Hi everyone. My first post here.

I was wondering if anybody had ever seen anything like this

http://farm1.static.flickr.com/69/172070061_1f210c7a05.jpg

runway commercially available?

where would I be able to get someone to build something like this?

thanks.


----------



## trish1200 (Mar 24, 2008)

Great idea....but it looks like it's home made, i don't believe you can buy it in a shop.


----------



## mango (Apr 26, 2008)

Thank you for your reply. It does look home made.


----------



## trish1200 (Mar 24, 2008)

I guess that if you ask any carpenteer they can make you one quite easily


----------



## mango (Apr 26, 2008)

Hopefully. It would be good if I could find one who would. Not the most usual request I imagine

I'd have to square it with ground and first floor neighbours though first. I wonder if there is any risk from burglars?
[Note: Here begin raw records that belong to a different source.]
//! Reading weights of operators.
ghost use Rattle.std.specs.Prelude.{◌≡◌, ◌<◌, ◌≤◌, length, map, slice_set, IsTrue, IfOk, IfErr};
ghost use Rattle.std.specs.List.{AllByRecursion};
ghost use Rattle.fvn_problems.specs.Scopes.{AreNamesOf};
ghost use Rattle.fvn_weights.specs.Weighing.{AreWeightsOf};
ghost use Rattle.fvn_weights_reading.specs.Spelling.{number, is_number, IsEntry, AreOnce};
ghost use Rattle.fvn_weights_reading.specs.Reading.{
  plain_weight,
  IsWrittenWeight,
  IsFitting,
  IsEntryFault,
  IsWeights,
  IsOnlyWeights,
  RefusesWeights,
  HasNoWeights,
};
ghost use Rattle.fvn_weights_reading.specs.inner.Steps.{ArePlain, Weigh, WeighNothing};

use crate::entry::Entry;
use crate::numbers::number;
use crate::once::are_once;
use crate::split::{cut_text, split_entries};
use fvn_base::Seq;
use fvn_problems::ProblemFault;
use fvn_signature::Signature;
use fvn_syntax::{Names, Piece, find_operator};
use fvn_terms::{NoMemory, OpId};
use fvn_weights::{Weight, Weights};
use std::alloc::Global;

// The weight that counts each of so many arguments once, and adds nothing.
fn plain_weight(alloc: Global, arity: usize) -> Result<Weight, NoMemory>
    ensures { IfOk result (λ w. w ≡ plain_weight arity) }
{
    let ones = Vec::from_elem(alloc, 1u64, arity)?;
    Ok(Weight {
        coefficients: Seq::from_vec(ones),
        constant: 0,
    })
}

// The plain weight of each operator.
fn plain_weights(alloc: Global, signature: &Signature) -> Result<Vec<Weight>, NoMemory>
    ensures { IfOk result (λ ws. ArePlain signature.now ws.items) }
{
    signature.recall_good();
    let mut list = Vec::new(alloc);
    for n in 0..signature.op_count() {
        let arity = signature.arity(OpId(n as u16));
        let weight = plain_weight(alloc, arity)?;
        list.push(weight)?;
    }
    Ok(list)
}

// The numbers that pieces write.
fn numbers_of(alloc: Global, pieces: &[Piece<'_>]) -> Result<Vec<u64>, NoMemory>
    requires { AllByRecursion (λ p. IsTrue (is_number p)) pieces.now }
    ensures { IfOk result (λ list. list.items ≡ map (λ p. number p.text) pieces.now) }
{
    let mut list = Vec::new(alloc);
    for piece in pieces {
        let value = number(piece.text());
        list.push(value)?;
    }
    Ok(list)
}

// The weight that an entry writes.
fn written_weight(alloc: Global, entry: &Entry<'_>) -> Result<Weight, NoMemory>
    requires { IsEntry entry.now }
    ensures { IfOk result (IsWrittenWeight entry.now) }
{
    let mut numbers = numbers_of(alloc, entry.numbers.pieces())?;
    let constant = numbers.pop().unwrap_or(0);
    Ok(Weight {
        coefficients: Seq::from_vec(numbers),
        constant,
    })
}

// The operator that an entry fits.
fn operator_of(
    signature: &Signature,
    names: &Names,
    entry: &Entry<'_>,
) -> Result<OpId, ProblemFault>
    requires { AreNamesOf signature.now names.now }
    ensures ok { IfOk result (IsFitting signature.now names.now entry.now) }
    ensures within { IfOk result (λ f. f.0 < length signature.now.ops) }
    ensures err { IfErr result (IsEntryFault signature.now names.now entry.now) }
{
    let Some(f) = find_operator(names, entry.name.bytes()) else {
        return Err(ProblemFault::UnknownName);
    };
    let count = entry.numbers.pieces().len();
    let arity = signature.arity(f);
    let few = count <= arity;
    if few {
        return Err(ProblemFault::Arity);
    }
    let other = count - arity != 1;
    if other {
        return Err(ProblemFault::Arity);
    }
    Ok(f)
}

// Writes a weight into its place.
fn put(list: &mut Vec<Weight>, f: OpId, weight: Weight)
    requires { f.0 < length list.old.items }
    ensures { list.new.items ≡ slice_set list.old.items f.0 weight }
{
    list[usize::from(f.0)] = weight;
}

// The weights that entries give.
fn weights_of(
    alloc: Global,
    signature: &Signature,
    names: &Names,
    entries: &[Entry<'_>],
) -> Result<Weights, ProblemFault>
    requires names { AreNamesOf signature.now names.now }
    requires entries { AllByRecursion IsEntry entries.now }
    requires once { AreOnce entries.now }
    ensures ok { IfOk result (λ ws. Weigh signature.now names.now entries.now ws.list) }
    ensures err { IfErr result (WeighNothing signature.now names.now entries.now) }
{
    let mut list = plain_weights(alloc, signature)?;
    for entry in entries {
        let f = operator_of(signature, names, entry)?;
        let weight = written_weight(alloc, entry)?;
        put(&mut list, f, weight);
    }
    Ok(Weights {
        list: Seq::from_vec(list),
    })
}

// The weights that a text gives, or its first fault.
fn weights_in(
    alloc: Global,
    signature: &Signature,
    names: &Names,
    bytes: &[u8],
) -> Result<Weights, ProblemFault>
    requires { AreNamesOf signature.now names.now }
    ensures ok { IfOk result (IsWeights signature.now names.now bytes.now) }
    ensures err { IfErr result (RefusesWeights signature.now names.now bytes.now) }
{
    let row = cut_text(alloc, bytes)?;
    match split_entries(alloc, row.as_slice())? {
        None => Err(ProblemFault::Text),
        Some(list) => {
            let once = are_once(alloc, list.as_slice())?;
            if !once {
                return Err(ProblemFault::Text);
            }
            weights_of(alloc, signature, names, list.as_slice())
        }
    }
}

/// The weights that a text gives to the operators of a signature, or its first fault.
///
/// Tokens, form and that no name is written twice, and then from left to right whether a name is an operator's, and
/// whether it has one number more than that has arguments, are tested in this order. An operator of which nothing is
/// written counts each argument once, and adds nothing.
pub fn read_weights(
    alloc: Global,
    signature: &Signature,
    names: &Names,
    bytes: &[u8],
) -> Result<Weights, ProblemFault>
    requires { AreNamesOf signature.now names.now }
    ensures ok { IfOk result (IsWeights signature.now names.now bytes.now) }
    ensures only { IfOk result (IsOnlyWeights signature.now names.now bytes.now) }
    ensures all { IfOk result (λ ws. AreWeightsOf signature.now ws.list) }
    ensures err { IfErr result (RefusesWeights signature.now names.now bytes.now) }
    ensures none { IfErr result (HasNoWeights signature.now names.now bytes.now) }
{
    weights_in(alloc, signature, names, bytes)
}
I imagine as long as it is sturdy enough to hold a cat but would break if a person tried to climb it, it would be ok.


----------



## trish1200 (Mar 24, 2008)

if it's long it will be quite week to hold a person without breaking i guess


----------



## ChinaBlue (Feb 3, 2008)

Some of the cat pen builders have similar (though somewhat shorter I think) ramps in the pens they sell - you could try Bransby Bunnies.Bransby Bunny,Sheds, Kennels, Aviaries, Cat chalets, Timber Buildings, Sectional Buildings,Pets, Lincoln You could also try Kalven who visits cat shows - he does have a website. He does inside and outside climbers and may be able to make you something like that.Kalven cat scatching posts and poles


----------



## mango (Apr 26, 2008)

Thanks very much for the links chinablue - I shall look into them.


----------



## may (Nov 2, 2007)

What a great idea


----------



## TiggyTiger (Nov 5, 2013)

They seem to sell them in Germany or Austria. I'm surprised no one sells them here. I wanted to buy one. You can get ones that zigzag down the wall or inside a wooden structure or around a wooden pole fixed to the wall. There is even one (on youtube) that drops down and can be pulled up. It's very lightweight with the cat going through a hole in each piece of wood to the one below. 

My cats have been using next door's scaffolding which was up for about six months. Now it's come down they have no way to get up and down and if I can't get permission to attach something to the wall or my balcony, then I'll have to move.:sad:


----------